(Dataset entries)
****************

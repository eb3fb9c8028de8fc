//! Tuples of checks, of two to six. More are tuples in tuples, by `all!`.
ghost use Rattle.garde.specs.Visits.{◌and◌};

use super::Check;
use garde_i18n::I18n;
use garde_report::{Report, Trail};
use std::alloc::AllocError;

/// One check, and then the other.
impl<'a, T, A: Check<'a, T>, B: Check<'a, T>> Check<'a, T> for (A, B) {
    ghost visits = { λ both v. A.visits both.0 v and B.visits both.1 v };

    #[inline(always)]
    fn check<H: I18n>(
        &self,
        value: &'a T,
        trail: &mut Trail<'a>,
        report: &mut Report,
        h: &H,
    ) -> Result<(), AllocError> {
        self.0.check(value, trail, report, h)?;
        self.1.check(value, trail, report, h)
    }
}

/// Three checks in turn.
impl<'a, T, A: Check<'a, T>, B: Check<'a, T>, C: Check<'a, T>> Check<'a, T> for (A, B, C) {
    ghost visits = { λ all v. A.visits all.0 v and B.visits all.1 v and C.visits all.2 v };

    #[inline(always)]
    fn check<H: I18n>(
        &self,
        value: &'a T,
        trail: &mut Trail<'a>,
        report: &mut Report,
        h: &H,
    ) -> Result<(), AllocError> {
        (&self.0, (&self.1, &self.2)).check(value, trail, report, h)
    }
}

/// Four checks in turn.
impl<'a, T, A: Check<'a, T>, B: Check<'a, T>, C: Check<'a, T>, D: Check<'a, T>> Check<'a, T>
    for (A, B, C, D) {
    ghost visits = { λ all v.
        A.visits all.0 v and B.visits all.1 v and C.visits all.2 v and D.visits all.3 v };

    #[inline(always)]
    fn check<H: I18n>(
        &self,
        value: &'a T,
        trail: &mut Trail<'a>,
        report: &mut Report,
        h: &H,
    ) -> Result<(), AllocError> {
        (&self.0, (&self.1, (&self.2, &self.3))).check(value, trail, report, h)
    }
}

/// Five checks in turn.
impl<
    'a,
    T,
    A: Check<'a, T>,
    B: Check<'a, T>,
    C: Check<'a, T>,
    D: Check<'a, T>,
    E: Check<'a, T>,
> Check<'a, T> for (A, B, C, D, E) {
    ghost visits = { λ all v.
        A.visits all.0 v and B.visits all.1 v and C.visits all.2 v and D.visits all.3 v
        and E.visits all.4 v };

    #[inline(always)]
    fn check<H: I18n>(
        &self,
        value: &'a T,
        trail: &mut Trail<'a>,
        report: &mut Report,
        h: &H,
    ) -> Result<(), AllocError> {
        let rest = (&self.3, &self.4);
        (&self.0, &self.1, &self.2, rest).check(value, trail, report, h)
    }
}

/// Six checks in turn.
impl<
    'a,
    T,
    A: Check<'a, T>,
    B: Check<'a, T>,
    C: Check<'a, T>,
    D: Check<'a, T>,
    E: Check<'a, T>,
    F: Check<'a, T>,
> Check<'a, T> for (A, B, C, D, E, F) {
    ghost visits = { λ all v.
        A.visits all.0 v and B.visits all.1 v and C.visits all.2 v and D.visits all.3 v
        and E.visits all.4 v and F.visits all.5 v };

    #[inline(always)]
    fn check<H: I18n>(
        &self,
        value: &'a T,
        trail: &mut Trail<'a>,
        report: &mut Report,
        h: &H,
    ) -> Result<(), AllocError> {
        let rest = (&self.3, &self.4, &self.5);
        (&self.0, &self.1, &self.2, rest).check(value, trail, report, h)
    }
}
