//! Where the tokens of a JSON text begin, a byte at a time.
ghost use Rattle.std.specs.Prelude.{◌≡◌};
ghost use Rattle.json.specs.Lex.{class};
ghost use Rattle.garde_places.specs.Lex.{class_of, begins_at, mode_after};

/// What a byte is to the lexer.
#[derive(Clone, Copy, Drop)]
pub(crate) enum Kind {
    Quote,
    Backslash,
    Bracket,
    Mark,
    Space,
    Other,
}

/// What a byte stands in.
#[derive(Clone, Copy, Drop)]
pub(crate) enum Mode {
    Between,
    Word,
    Text,
    Escape,
}

impl Kind {
    fn of(byte: u8) -> Kind
        ensures { class_of result byte }
    {
        match byte {
            b'"' => Kind::Quote,
            b'\\' => Kind::Backslash,
            b'{' | b'}' | b'[' | b']' => Kind::Bracket,
            b',' | b':' => Kind::Mark,
            b' ' | b'\t' | b'\n' | b'\r' => Kind::Space,
            _ => Kind::Other,
        }
    }
}

impl Mode {
    /// Whether a token begins at the byte, and what the next byte stands in.
    pub(crate) fn turn(self, byte: u8) -> (bool, Mode)
        ensures { (result.0 ≡ begins_at self byte) × (result.1 ≡ mode_after self byte) }
    {
        match (self, Kind::of(byte)) {
            (Mode::Between, Kind::Quote) => (true, Mode::Text),
            (Mode::Between, Kind::Backslash | Kind::Other) => (true, Mode::Word),
            (Mode::Between | Mode::Word, Kind::Bracket) => (true, Mode::Between),
            (Mode::Between | Mode::Word, Kind::Mark | Kind::Space) => (false, Mode::Between),
            (Mode::Word, _) => (false, Mode::Word),
            (Mode::Text, Kind::Quote) => (false, Mode::Between),
            (Mode::Text, Kind::Backslash) => (false, Mode::Escape),
            (Mode::Text | Mode::Escape, _) => (false, Mode::Text),
        }
    }
}
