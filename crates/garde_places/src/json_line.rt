//! A fault as a line of JSON.
ghost use Rattle.std.specs.Prelude.{◌≡◌, [], ◌∷◌, IfOk, OnOk, Some, codes, decimal, string_bytes};
ghost use Rattle.json.specs.Json.{object};
ghost use Rattle.json.specs.Token.{key, number as number_token, string};
ghost use Rattle.json.specs.Tree.{json_tokens};
ghost use Rattle.garde_problem.specs.Coded.{params_in, seen};
ghost use Rattle.garde_problem.specs.Problem.{AreWritten, json_text, params_members, parts_tokens};
ghost use Rattle.garde_problem.specs.Escaped.{escaped_path_text};
ghost use Rattle.garde_problem.specs.Pointer.{path_pointer};
ghost use Rattle.garde_places.specs.JsonLine.{fault_json};

use crate::fault::Fault;
use garde_problem::{Coded, Escaped, JsonPointer, Params};
use garde_report::Path;
use json::Writer;
use std::alloc::{AllocError, Global};
use std::fmt;

/// A fault of the file of this name, which prints as the compact text of a JSON object, with no line
/// feed behind: `file`, `path`, `pointer`, `line` and `column`, then `detail`, `code` and `params` as
/// the problem details of `garde_problem` have them.
///
/// `path` is the path as `Short` prints it, and `pointer` is a JSON Pointer (RFC 6901). The other texts
/// are as they are, so a program reads them without loss. JSON writes no line feed, so each fault is one
/// line. Printing allocates.
#[derive(Clone, Copy, Debug)]
pub struct JsonLine<'a, 'r>(pub Global, pub &'a str, pub &'a Fault<'r>);

impl fmt::Display for JsonLine<'_, '_> {
    ghost output = { λ line. Some (json_text (fault_json line.1.now line.2.now)) };

    fn fmt<W: fmt::Write>(&self, f: &mut fmt::Formatter<W>) -> fmt::Result {
        let JsonLine(alloc, file, fault) = *self;
        let text = line_of(alloc, file, fault)?;
        f.write_str(text.as_str())
    }
}

fn line_of(alloc: Global, file: &str, fault: &Fault<'_>) -> Result<String, AllocError>
    ensures { IfOk result (λ text. string_bytes text ≡ json_text (fault_json file.now fault.now)) }
{
    let mut out = Writer::new(Vec::new(alloc));
    write_fault(alloc, file, fault, &mut out)?;
    match String::from_utf8(out.into_inner()) {
        Ok(text) => Ok(text),
        Err(_) => unreachable!(),
    }
}

fn write_fault(
    alloc: Global,
    file: &str,
    fault: &Fault<'_>,
    out: &mut Writer,
) -> Result<(), AllocError>
    ensures { OnOk result (AreWritten (json_tokens (fault_json file.now fault.now)) out.old out.new) }
{
    out.begin_object()?;
    write_member("file", file, out)?;
    write_path(alloc, fault.path, out)?;
    write_pointer(alloc, fault.path, out)?;
    write_number("line", fault.place.line, out)?;
    write_number("column", fault.place.column, out)?;
    write_message(&Coded::of(fault.error.message()), out)?;
    out.end_object()?;
    Ok(())
}

fn write_path(alloc: Global, path: &Path, out: &mut Writer) -> Result<(), AllocError>
    ensures { OnOk result (AreWritten
        (key (codes "path") ∷ string (escaped_path_text path.now) ∷ []) out.old out.new) }
{
    let shown = format!(in alloc; "{}", Escaped(alloc, path))?;
    write_member("path", shown.as_str(), out)
}

fn write_pointer(alloc: Global, path: &Path, out: &mut Writer) -> Result<(), AllocError>
    ensures { OnOk result (AreWritten
        (key (codes "pointer") ∷ string (path_pointer path.now) ∷ []) out.old out.new) }
{
    let pointer = format!(in alloc; "{}", JsonPointer(alloc, path))?;
    write_member("pointer", pointer.as_str(), out)
}

fn write_number(name: &str, number: usize, out: &mut Writer) -> Result<(), AllocError>
    ensures { OnOk result (AreWritten
        (key name.now ∷ number_token (decimal number) ∷ []) out.old out.new) }
{
    out.key(name)?;
    out.u64(number as u64)
}

fn write_message(message: &Coded<'_>, out: &mut Writer) -> Result<(), AllocError>
    ensures { OnOk result (AreWritten (parts_tokens (seen message.now)) out.old out.new) }
{
    write_member("detail", message.detail, out)?;
    write_member("code", message.code, out)?;
    out.key("params")?;
    write_params(message.params, out)?;
    Ok(())
}

// Writes parameters as an object of texts.
fn write_params(mut params: Params<'_>, out: &mut Writer) -> Result<(), AllocError>
    ensures { OnOk result (AreWritten
        (json_tokens (object (params_members (params_in params.entry.text.now))))
        out.old out.new) }
{
    out.begin_object()?;
    while let Some((name, value)) = params.next() {
        write_member(name, value, out)?;
    }
    out.end_object()
}

fn write_member(name: &str, text: &str, out: &mut Writer) -> Result<(), AllocError>
    ensures { OnOk result (AreWritten (key name.now ∷ string text.now ∷ []) out.old out.new) }
{
    out.key(name)?;
    out.string(text)
}
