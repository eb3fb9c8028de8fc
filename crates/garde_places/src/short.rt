//! A fault in one line, as compilers print it and editors read it.
ghost use Rattle.std.specs.Prelude.{◌≡◌, Some, IfOk, string_bytes};
ghost use Rattle.std.specs.Fmt.{WritesOnOk};
ghost use Rattle.garde_problem.specs.Escaped.{escaped_text};
ghost use Rattle.garde_places.specs.Short.{file_text, short_text, spot_text, told_text};

use crate::escape::{Escape, write_text};
use crate::fault::Fault;
use garde_problem::{Coded, Escaped};
use garde_report::Path;
use garde_tape::Place;
use std::alloc::{AllocError, Global};
use std::fmt;

/// A fault of the file of this name, which prints as `FILE:LINE:COLUMN: error: PATH: MESSAGE`, with no
/// line feed behind. A fault of the whole value has no path.
///
/// Path and message are escaped as `Escaped` of `garde_problem` escapes them, and so is the name of the
/// file, with a colon as `\u{3a}`. So each fault is one line, and a name can forge no place. Printing
/// allocates.
#[derive(Clone, Copy, Debug)]
pub struct Short<'a, 'r>(pub Global, pub &'a str, pub &'a Fault<'r>);

impl fmt::Display for Short<'_, '_> {
    ghost output = { λ short. Some (short_text short.1.now short.2.now) };

    fn fmt<W: fmt::Write>(&self, f: &mut fmt::Formatter<W>) -> fmt::Result {
        let Short(alloc, file, fault) = *self;
        write_file(alloc, file, f)?;
        f.write_str(":")?;
        write_spot(fault.place, f)?;
        Told(alloc, fault).fmt(f)
    }
}

fn write_spot<W: fmt::Write>(place: Place, f: &mut fmt::Formatter<W>) -> fmt::Result
    ensures { WritesOnOk W.write_str_gives f.old result (spot_text place) f.new }
{
    let Place { line, column } = place;
    write!(f, "{line}:{column}: error: ")
}

/// A text with what is not shown escaped. It is escaped as a path of one key is.
pub(crate) fn escaped(alloc: Global, text: &str) -> Result<String, AllocError>
    ensures { IfOk result (λ s. string_bytes s ≡ escaped_text text.now) }
{
    let path = Path::new(alloc, text)?;
    let shown = format!(in alloc; "{}", Escaped(alloc, &path))?;
    Ok(shown)
}

// Writes the name of a file.
fn write_file<W: fmt::Write>(alloc: Global, file: &str, f: &mut fmt::Formatter<W>) -> fmt::Result
    ensures { WritesOnOk W.write_str_gives f.old result (file_text file.now) f.new }
{
    let shown = escaped(alloc, file)?;
    write_text(Escape::File, shown.as_str(), f)
}

/// A fault without its place: its path, if it has one, and its sentence.
#[derive(Clone, Copy)]
pub(crate) struct Told<'a, 'r>(pub(crate) Global, pub(crate) &'a Fault<'r>);

impl fmt::Display for Told<'_, '_> {
    ghost output = { λ told. Some (told_text told.1.now) };

    fn fmt<W: fmt::Write>(&self, f: &mut fmt::Formatter<W>) -> fmt::Result {
        let Told(alloc, fault) = *self;
        let message = escaped(alloc, Coded::of(fault.error.message()).detail)?;
        if fault.path.is_empty() {
            f.write_str(message.as_str())
        } else {
            write!(f, "{}: {message}", Escaped(alloc, fault.path))
        }
    }
}
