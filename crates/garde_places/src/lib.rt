//! Where in a JSON text the faults of a report stand: the line and the column of each.
#![tactic(auto)]

mod escape;
mod fault;
mod find;
mod format;
mod github;
mod index;
mod json_line;
mod lex;
mod listed;
mod order;
mod places;
mod printed;
mod report;
mod scan;
mod short;
mod walk;
mod way;

pub use fault::Fault;
pub use format::Format;
pub use garde_tape::{Place, Stop, place_of_byte, stop_of, stop_of_utf8};
pub use github::GitHub;
pub use json_line::JsonLine;
pub use listed::ListedPlaces;
pub use order::sort_by_place;
pub use places::Places;
pub use printed::Printed;
pub use report::{faults_of, listed_faults_of};
pub use short::Short;
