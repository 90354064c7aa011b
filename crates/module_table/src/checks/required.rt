//! M5 to M10: what is required is provided, and not in a cycle, and what is private stays so. M5
//! and M8 are about objects, M6 and M7 about the modules of info files, and M9 about both.
ghost use Rattle.std.specs.Prelude.{◌≡◌, IfErr, IfOk, length, map, OnOk};
ghost use Rattle.module_table.specs.Prelude.{AreByObjects, AreInfosAllowed, AreInfosKnown};
ghost use Rattle.module_table.specs.Prelude.{AreLookedUp, AreObjectsAllowed, AreRequiredIndexes};
ghost use Rattle.module_table.specs.Prelude.{DependsOn, DoInfosAgree, DoNamesDiffer, FailsWith};
ghost use Rattle.module_table.specs.Prelude.{ForFault, IsOfInfo, IsOrderable, IsPrivateFault};
ghost use Rattle.module_table.specs.Prelude.{maker_at, provision_of, Reports, rows};

use crate::fault::{Maker, TableFault, failure_of};
use crate::modules::{InfoRequired, Module, Modules, module_at};
use dep_order::{Digraph, Sorting, order};
use document_values::{Name, TargetName};
use ninja_text::Failure;
use std::alloc::{AllocError, Global};

/// M5: each required name is provided. Returns the indexes of the modules that each object
/// requires.
pub(crate) fn check_objects_known(
    alloc: Global,
    modules: &Modules,
) -> Result<Vec<Vec<usize>>, Failure<Box<TableFault>>>
    ensures ok { IfOk result (λ required. AreRequiredIndexes modules.now (rows required.items)) }
    ensures fault { FailsWith 5 modules.now result }
{
    let objects = modules.objects();
    let mut indexes = Vec::with_capacity(alloc, objects.len())?;
    for (object, rule) in objects.iter().enumerate() {
        let mut row = Vec::with_capacity(alloc, rule.required.len())?;
        for required in &rule.required {
            let Some((index, _)) = modules.find(required) else {
                let name = required.copy(alloc)?;
                return Err(failure_of(alloc, TableFault::ModuleUnknown { name, object }));
            };
            row.push(index)?;
        }
        indexes.push(row)?;
    }
    Ok(indexes)
}

/// M6: info files provide what the modules of info files require.
pub(crate) fn check_infos_known(
    alloc: Global,
    modules: &Modules,
    all: &[InfoRequired],
) -> Result<(), Failure<Box<TableFault>>>
    requires { AreLookedUp modules.now all.now }
    ensures ok { OnOk result (AreInfosKnown modules.now) }
    ensures fault { FailsWith 6 modules.now result }
{
    for required in all {
        if let Some((_, module)) = required.module {
            if let Maker::Info(_) = module.maker {
                continue;
            }
        }
        let fault = TableFault::InfoUnknown {
            target: required.target.copy(alloc)?,
            module_name: required.module_name.copy(alloc)?,
            name: required.name.copy(alloc)?,
        };
        return Err(failure_of(alloc, fault));
    }
    Ok(())
}

/// M7: they provide it with the files that the requirements say.
pub(crate) fn check_infos_agree(
    alloc: Global,
    modules: &Modules,
    all: &[InfoRequired],
) -> Result<(), Failure<Box<TableFault>>>
    requires all { AreLookedUp modules.now all.now }
    requires known { AreInfosKnown modules.now }
    ensures ok { OnOk result (DoInfosAgree modules.now) }
    ensures fault { FailsWith 7 modules.now result }
{
    for required in all {
        let Some((_, module)) = required.module else {
            continue;
        };
        if *module.file != *required.file {
            let fault = TableFault::InfoDisagrees {
                target: required.target.copy(alloc)?,
                module_name: required.module_name.copy(alloc)?,
                name: required.name.copy(alloc)?,
            };
            return Err(failure_of(alloc, fault));
        }
    }
    Ok(())
}

/// M8: no objects need each other's modules in a cycle. `indexes[i]` are the modules that object i
/// requires.
pub(crate) fn check_rings(
    alloc: Global,
    modules: &Modules,
    required: &[Vec<usize>],
) -> Result<(), Failure<Box<TableFault>>>
    requires { AreRequiredIndexes modules.now (rows required.now) }
    ensures ok { OnOk result (IsOrderable (length modules.now.objects) (DependsOn modules.now)) }
    ensures fault { FailsWith 8 modules.now result }
{
    let provided = modules.provided();
    let mut needs = Vec::with_capacity(alloc, required.len())?;
    for row in required {
        let objects = row.iter().filter_map(|index| maker_at(provided, *index));
        needs.push(objects.collect(alloc)?)?;
    }
    match order(alloc, &Digraph::new(needs))? {
        Sorting::Order(_) => Ok(()),
        Sorting::Cycle(objects) => Err(failure_of(alloc, TableFault::ImportCycle { objects })),
    }
}

/// Returns the object that provides the module of that index, if an object does.
fn maker_at(provided: &[Module], index: usize) -> Option<usize>
    ensures { result ≡ maker_at (map provision_of provided.now) index }
{
    match provided.get(index)?.maker {
        Maker::Object(object) => Some(object),
        Maker::Info(_) => None,
    }
}

/// M9: no object requires a module that is private to an info file. `indexes[i]` are the modules
/// that object i requires.
pub(crate) fn check_objects_allowed(
    alloc: Global,
    modules: &Modules,
    required: &[Vec<usize>],
) -> Result<(), Failure<Box<TableFault>>>
    requires { AreRequiredIndexes modules.now (rows required.now) }
    ensures ok { OnOk result (AreObjectsAllowed modules.now) }
    ensures fault { FailsWith 9 modules.now result }
{
    let provided = modules.provided();
    for (object, row) in required.iter().enumerate() {
        for index in row {
            let module = module_at(provided, *index);
            if module.is_private {
                return Err(requires_private(alloc, module, Maker::Object(object)));
            }
        }
    }
    Ok(())
}

/// M9: no module of an info file requires a module that is private to another info file.
pub(crate) fn check_infos_allowed(
    alloc: Global,
    modules: &Modules,
    all: &[InfoRequired],
) -> Result<(), Failure<Box<TableFault>>>
    requires all { AreLookedUp modules.now all.now }
    requires public { AreObjectsAllowed modules.now }
    ensures ok { OnOk result (AreInfosAllowed modules.now) }
    ensures fault { FailsWith 9 modules.now result }
{
    for required in all {
        let Some((_, module)) = required.module else {
            continue;
        };
        let user = Maker::Info(required.info);
        if module.is_private && module.maker != user {
            return Err(requires_private(alloc, module, user));
        }
    }
    Ok(())
}

/// M10: an object provides each name that is declared private.
pub(crate) fn check_kept(
    alloc: Global,
    modules: &Modules,
    kept: &[Name],
) -> Result<(), Failure<Box<TableFault>>>
    requires { DoNamesDiffer modules.now }
    ensures ok { OnOk result (AreByObjects modules.now kept.now) }
    ensures fault { IfErr result (ForFault (λ fault. Reports 10 modules.now kept.now fault.value)) }
{
    for name in kept {
        if let Some((_, module)) = modules.find(name) {
            if let Maker::Object(_) = module.maker {
                continue;
            }
        }
        let name = name.copy(alloc)?;
        return Err(failure_of(alloc, TableFault::PrivateUnknown { name }));
    }
    Ok(())
}

/// Returns the failure that a module of an info file is private to it and is required.
fn requires_private(alloc: Global, required: &Module, user: Maker) -> Failure<Box<TableFault>>
    requires { IsOfInfo required.now.maker }
    ensures { ForFault (IsPrivateFault required.now user) result }
{
    let Maker::Info(info) = required.maker else {
        unreachable!()
    };
    match required.name.copy(alloc) {
        Ok(name) => failure_of(alloc, TableFault::ModulePrivate { name, info, user }),
        Err(_) => Failure::Memory,
    }
}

****************

▶ _TASK GOAL_:
Look through the entries above; copy each line where the string "Reports" appears.

▶ _FINAL ANSWER_:
ghost use Rattle.module_table.specs.Prelude.{maker_at, provision_of, Reports, rows};
    ensures fault { IfErr result (ForFault (λ fault. Reports 10 modules.now kept.now fault.value)) }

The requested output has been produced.